Die Beobachtungsstelle hat bewährte Vorgehensweisen aus nationalen
Sensibilisierungskampagnen zusammengestellt und im Internet veröffentlicht. Schutzrechtsverletzungen könnten erheblich verringert werden, wenn alle Binnenmarktteilnehmer (Bürger, Verbraucher, Arbeitnehmer, Unternehmen und Behörden) besser über verfügbare, attraktive und erschwingliche Produkte im Binnenmarkt informiert würden. 2014 wird die Beobachtungsstelle mit Hilfe ihrer wachsenden Wissensbasis, die sich aus den bisher durchgeführten Studien speist, die Mitgliedstaaten bei der Erarbeitung und Durchführung von Kommunikationskampagnen unterstützen, die die Unionsbürger auf die Folgen von Schutzrechtsverletzungen insbesondere für die Beschäftigung und die Wirtschaft aufmerksam machen sollen.
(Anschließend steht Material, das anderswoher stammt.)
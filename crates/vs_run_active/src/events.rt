//! What is active, and who is woken by the change of a word.
ghost use Rattle.std.specs.Prelude.{◌≡◌, ◌<◌, get_or, length, if◌then◌else◌, OnOk};
ghost use Rattle.vs_design.specs.Stores.{changed_at};
ghost use Rattle.vs_run_active.specs.vs_eval.specs.Masks.{every_word};
ghost use Rattle.vs_run_active.specs.Groups.{group_members, meaning, no_group, spelled, spelled_one};
ghost use Rattle.vs_run_active.specs.Rows.{Fits};
ghost use Rattle.vs_run_active.specs.Touches.{woken_in};
ghost use Rattle.vs_run_active.specs.ProcessPlaces as standings;
ghost use Rattle.vs_run_active.specs.ProcessPlaces.{roused_in, triggered_at};
ghost use Rattle.vs_design.specs.vs_logic4.specs.declared.edge.Edge.TheVariants.{Any, Negedge, Posedge};
ghost use Rattle.vs_run_active.specs.Watchers.{between};
ghost use Rattle.vs_run_active.specs.Wakes.{KindsWalked, RowWalked, Wakes, has_one, walked_by, woken_all, woken_watched};

use crate::assigns::Assigns;
use crate::processes::Processes;
use crate::queue::Queue;
use crate::vs_eval::WordChange;
use crate::{FEW, Groups, Row, Tables, Watcher};
use std::alloc::AllocError;

/// The events of a run. Their numbers in the queue: the continuous assignments, then the processes. The queue is a hint: nothing is promised of it.
#[derive(Drop)]
pub struct Events<'a> {
    pub assigns: Assigns<'a>,
    pub processes: Processes<'a>,
    pub queue: Queue,
    /// The number of the first process.
    pub first_process: usize,
}

/// The same change: what isn't inlined takes its address, which would keep the other from registers.
#[inline(always)]
fn alike(change: WordChange) -> WordChange
    ensures { result ≡ change }
{
    WordChange {
        value: change.value,
        unknown: change.unknown,
        new_value: change.new_value,
        new_unknown: change.new_unknown,
    }
}

impl<'a> Events<'a> {
    /// A continuous assignment has to be evaluated; one past the end is none.
    #[inline(always)]
    pub fn wake_assign(&mut self, assign: usize) -> Result<(), AllocError>
        ensures assigns { self.new.assigns ≡ woken_in assign self.old.assigns }
        ensures processes { self.new.processes ≡ self.old.processes }
    {
        if self.assigns.wake(assign) {
            self.queue.push(assign)?;
        }
        Ok(())
    }

    /// The members of a group have to be evaluated.
    #[inline(always)]
    fn wake_members(&mut self, members: &[usize]) -> bool
        ensures assigns { self.new.assigns ≡ woken_all members.now self.old.assigns }
        ensures processes { self.new.processes ≡ self.old.processes }
    {
        let mut new = false;
        for assign in members {
            new = self.assigns.wake(*assign) || new;
        }
        new
    }

    /// The continuous assignments of a group have to be evaluated: they enter as one.
    #[inline(never)]
    pub fn wake_group(&mut self, groups: &Groups, group: usize) -> Result<(), AllocError>
        ensures assigns { self.new.assigns
            ≡ woken_all (group_members (get_or groups.now.groups.items group no_group) groups.now.members.items) self.old.assigns }
        ensures processes { self.new.processes ≡ self.old.processes }
    {
        if self.wake_members(groups.members_of(group)) {
            let event = groups.assigns.wrapping_add(group);
            self.queue.push(event)?;
        }
        Ok(())
    }

    /// The members of a group have to be evaluated: they enter one by one.
    fn wake_each_member(&mut self, members: &[usize]) -> Result<(), AllocError>
        ensures assigns { OnOk result (self.new.assigns ≡ woken_all members.now self.old.assigns) }
        ensures processes { self.new.processes ≡ self.old.processes }
    {
        for assign in members {
            self.wake_assign(*assign)?;
        }
        Ok(())
    }

    /// Those that a watcher stands for have to be evaluated, where it sees one of these bits of a word; the members of a group enter as one, or each
    /// alone.
    #[inline(always)]
    fn wake_reader(
        &mut self,
        groups: &Groups,
        watcher: Watcher,
        word: usize,
        bits: u64,
        each: bool,
    ) -> Result<(), AllocError>
        ensures assigns { OnOk result (self.new.assigns
            ≡ woken_watched (has_one word bits) (spelled_one (meaning groups.now) watcher) self.old.assigns) }
        ensures processes { self.new.processes ≡ self.old.processes }
    {
        if !watcher.mask.has(word, bits) {
            return Ok(());
        }
        if watcher.number < groups.assigns {
            return self.wake_assign(watcher.number);
        }
        let group = watcher.number - groups.assigns;
        if each {
            return self.wake_each_member(groups.members_of(group));
        }
        self.wake_group(groups, group)?;
        Ok(())
    }

    /// Those continuous assignments have to be evaluated that read one of these bits of a word, by watchers of which some are those of groups.
    #[inline(always)]
    fn wake_readers(
        &mut self,
        groups: &Groups,
        watchers: &[Watcher],
        word: usize,
        bits: u64,
        each: bool,
    ) -> Result<(), AllocError>
        ensures assigns { OnOk result (self.new.assigns
            ≡ woken_watched (has_one word bits) (spelled (meaning groups.now) watchers.now) self.old.assigns) }
        ensures processes { self.new.processes ≡ self.old.processes }
    {
        for watcher in watchers {
            self.wake_reader(groups, *watcher, word, bits, each)?;
        }
        Ok(())
    }

    /// A process goes on where it waits for the event control of a number; one past the end is none.
    #[inline(always)]
    pub fn wake_process(&mut self, process: usize, control: u32) -> Result<(), AllocError>
        ensures processes { self.new.processes ≡ changed_at (triggered_at control) process self.old.processes }
        ensures assigns { self.new.assigns ≡ self.old.assigns }
    {
        if self.processes.wake(process, control) {
            let event = self.first_process.wrapping_add(process);
            self.queue.push(event)?;
        }
        Ok(())
    }

    /// A process goes on where it is inactive; one past the end is none.
    #[inline(always)]
    pub fn rouse(&mut self, process: usize) -> Result<(), AllocError>
        ensures processes { self.new.processes ≡ changed_at roused_in process self.old.processes }
        ensures assigns { self.new.assigns ≡ self.old.assigns }
    {
        if self.processes.rouse(process) {
            let event = self.first_process.wrapping_add(process);
            self.queue.push(event)?;
        }
        Ok(())
    }

    /// A process goes on where its delay ends at a time in ticks; one past the end is none.
    #[inline(always)]
    pub fn wake_at(&mut self, process: usize, time: u64) -> Result<(), AllocError>
        ensures processes { self.new.processes ≡ changed_at (standings.woken_in time) process self.old.processes }
        ensures assigns { self.new.assigns ≡ self.old.assigns }
    {
        if self.processes.wake_at(process, time) {
            let event = self.first_process.wrapping_add(process);
            self.queue.push(event)?;
        }
        Ok(())
    }

    /// A process goes on where it waits for an event control that waits for one of these bits of a word.
    #[inline(always)]
    fn wake_waiting(&mut self, watcher: Watcher, word: usize, bits: u64) -> Result<(), AllocError>
        ensures processes { self.new.processes ≡ (if has_one word bits watcher
            then changed_at (triggered_at watcher.control) watcher.number self.old.processes else self.old.processes) }
        ensures assigns { self.new.assigns ≡ self.old.assigns }
    {
        if watcher.mask.has(word, bits) {
            return self.wake_process(watcher.number, watcher.control);
        }
        Ok(())
    }

    /// Those processes go on that wait for an event control of which a term waits for one of these bits of a word.
    #[inline(never)]
    pub fn wake_processes(
        &mut self,
        watchers: &[Watcher],
        word: usize,
        bits: u64,
    ) -> Result<(), AllocError>
        ensures processes { OnOk result (self.new.processes ≡ walked_by word bits watchers.now self.old.processes) }
        ensures assigns { self.new.assigns ≡ self.old.assigns }
    {
        for watcher in watchers {
            self.wake_waiting(*watcher, word, bits)?;
        }
        Ok(())
    }

    /// The same, where there is a bit at all.
    #[inline(always)]
    fn wake_some(&mut self, watchers: &[Watcher], word: usize, bits: u64) -> Result<(), AllocError>
        ensures processes { OnOk result (self.new.processes ≡ walked_by word bits watchers.now self.old.processes) }
        ensures assigns { self.new.assigns ≡ self.old.assigns }
    {
        if bits == 0 {
            return Ok(());
        }
        self.wake_processes(watchers, word, bits)
    }

    /// The processes that wait for any change of the word.
    #[inline(always)]
    fn wake_any(
        &mut self,
        tables: &Tables,
        row: Row,
        word: usize,
        change: WordChange,
    ) -> Result<(), AllocError>
        requires { Fits row (length tables.now.watchers.items) }
        ensures processes { OnOk result (KindsWalked Any (between row.any row.rising tables.now.watchers.items) word change
            self.old.processes self.new.processes) }
        ensures assigns { self.new.assigns ≡ self.old.assigns }
    {
        let differing = change.differing();
        if row.rising <= row.any {
            return Ok(());
        }
        self.wake_processes(tables.any(row), word, differing)?;
        Ok(())
    }

    /// Those that wait for a rise.
    #[inline(always)]
    fn wake_rising(
        &mut self,
        tables: &Tables,
        row: Row,
        word: usize,
        change: WordChange,
    ) -> Result<(), AllocError>
        requires { Fits row (length tables.now.watchers.items) }
        ensures processes { OnOk result (KindsWalked Posedge (between row.rising row.falling tables.now.watchers.items) word change
            self.old.processes self.new.processes) }
        ensures assigns { self.new.assigns ≡ self.old.assigns }
    {
        if row.falling <= row.rising {
            return Ok(());
        }
        let rises = change.rising();
        self.wake_some(tables.rising(row), word, rises)?;
        Ok(())
    }

    /// Those that wait for a fall.
    #[inline(always)]
    fn wake_falling(
        &mut self,
        tables: &Tables,
        row: Row,
        word: usize,
        change: WordChange,
    ) -> Result<(), AllocError>
        requires { Fits row (length tables.now.watchers.items) }
        ensures processes { OnOk result (KindsWalked Negedge (between row.falling row.end tables.now.watchers.items) word change
            self.old.processes self.new.processes) }
        ensures assigns { self.new.assigns ≡ self.old.assigns }
    {
        if row.end <= row.falling {
            return Ok(());
        }
        let falls = change.falling();
        self.wake_some(tables.falling(row), word, falls)?;
        Ok(())
    }

    /// The processes that wait for a change of the word of a signal, of any kind: they enter in design order.
    #[inline(never)]
    fn wake_controls(
        &mut self,
        tables: &Tables,
        signal: usize,
        word: usize,
        change: WordChange,
    ) -> Result<(), AllocError>
        requires { signal < length tables.now.rows.items }
        ensures processes { OnOk result (RowWalked tables.now signal word change self.old.processes self.new.processes) }
        ensures assigns { self.new.assigns ≡ self.old.assigns }
    {
        let row = tables.row(signal);
        let from = self.queue.len();
        self.wake_any(tables, row, word, change)?;
        self.wake_rising(tables, row, word, change)?;
        self.wake_falling(tables, row, word, change)?;
        self.queue.sort_from(from);
        Ok(())
    }

    /// What the change of a word of a signal wakes. Where event controls wait for its rises alone, or none does, that is at hand.
    #[inline(always)]
    pub fn wake(
        &mut self,
        tables: &Tables,
        signal: usize,
        word: usize,
        change: WordChange,
    ) -> Result<(), AllocError>
        requires signal { signal < length tables.now.rows.items }
        requires word { word < every_word }
        ensures { OnOk result (Wakes tables.now signal word change
            self.old.assigns self.old.processes self.new.assigns self.new.processes) }
    {
        let row = tables.row(signal);
        let differing = change.differing();
        if row.end <= row.readers {
            return Ok(());
        }
        if row.readers.wrapping_add(FEW) < row.any {
            return self.wake_word(tables, signal, word, alike(change), false);
        }
        self.wake_readers(&tables.groups, tables.readers(row), word, differing, false)?;
        if row.rising <= row.any && row.end <= row.falling {
            return self.wake_rising(tables, row, word, change);
        }
        self.wake_controls(tables, signal, word, alike(change))
    }

    /// The same of any signal: of an array that many continuous assignments read, those are looked at that see the word. The members of a group enter
    /// as one, or each alone: so where several words change at once, after which the caller puts all that has entered into order.
    #[inline(never)]
    pub fn wake_word(
        &mut self,
        tables: &Tables,
        signal: usize,
        word: usize,
        change: WordChange,
        each: bool,
    ) -> Result<(), AllocError>
        requires signal { signal < length tables.now.rows.items }
        requires word { word < every_word }
        ensures { OnOk result (Wakes tables.now signal word change
            self.old.assigns self.old.processes self.new.assigns self.new.processes) }
    {
        let row = tables.row(signal);
        let differing = change.differing();
        let readers = tables.readers_of_word(signal, row, word);
        self.wake_readers(&tables.groups, readers, word, differing, each)?;
        self.wake_controls(tables, signal, word, change)
    }
}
Mit diesen Kampagnen sollte auch der Zugang zu schutzrechtskonformen Produkten im Binnenmarkt erleichtert und auf die Vorteile hingewiesen werden, die sich für die Verbraucher ergeben, wenn sie sich für schutzrechtskonforme Produkte entscheiden, bei denen die Einhaltung der Gesundheits- und Sicherheitsnormen und des Verbraucherschutzrechts gewährleistet ist.
Aktion 1: Die Kommission wird die Bemühungen der Beobachtungsstelle und der nationalen Behörden zur Durchführung und Begleitung einer neuen Generation gezielter Kommunikationskampagnen unterstützen. Dies sollte Kampagnen einschließen, mit denen die Bürger, vor allem Jugendliche, auf den durch gewerbsmäßige Schutzrechtsverletzungen verursachten wirtschaftlichen Schaden und auf die mit schutzrechtsverletzenden Produkten verbundenen Gesundheits- und Sicherheitsrisiken aufmerksam gemacht werden sollen, sowie Kampagnen, mit denen auf die Vorteile, die sich bei einer Entscheidung für schutzrechtskonforme Produkte für die Verbraucher ergeben, hingewiesen und mit denen der Zugang zu diesen Produkten erleichtert werden soll.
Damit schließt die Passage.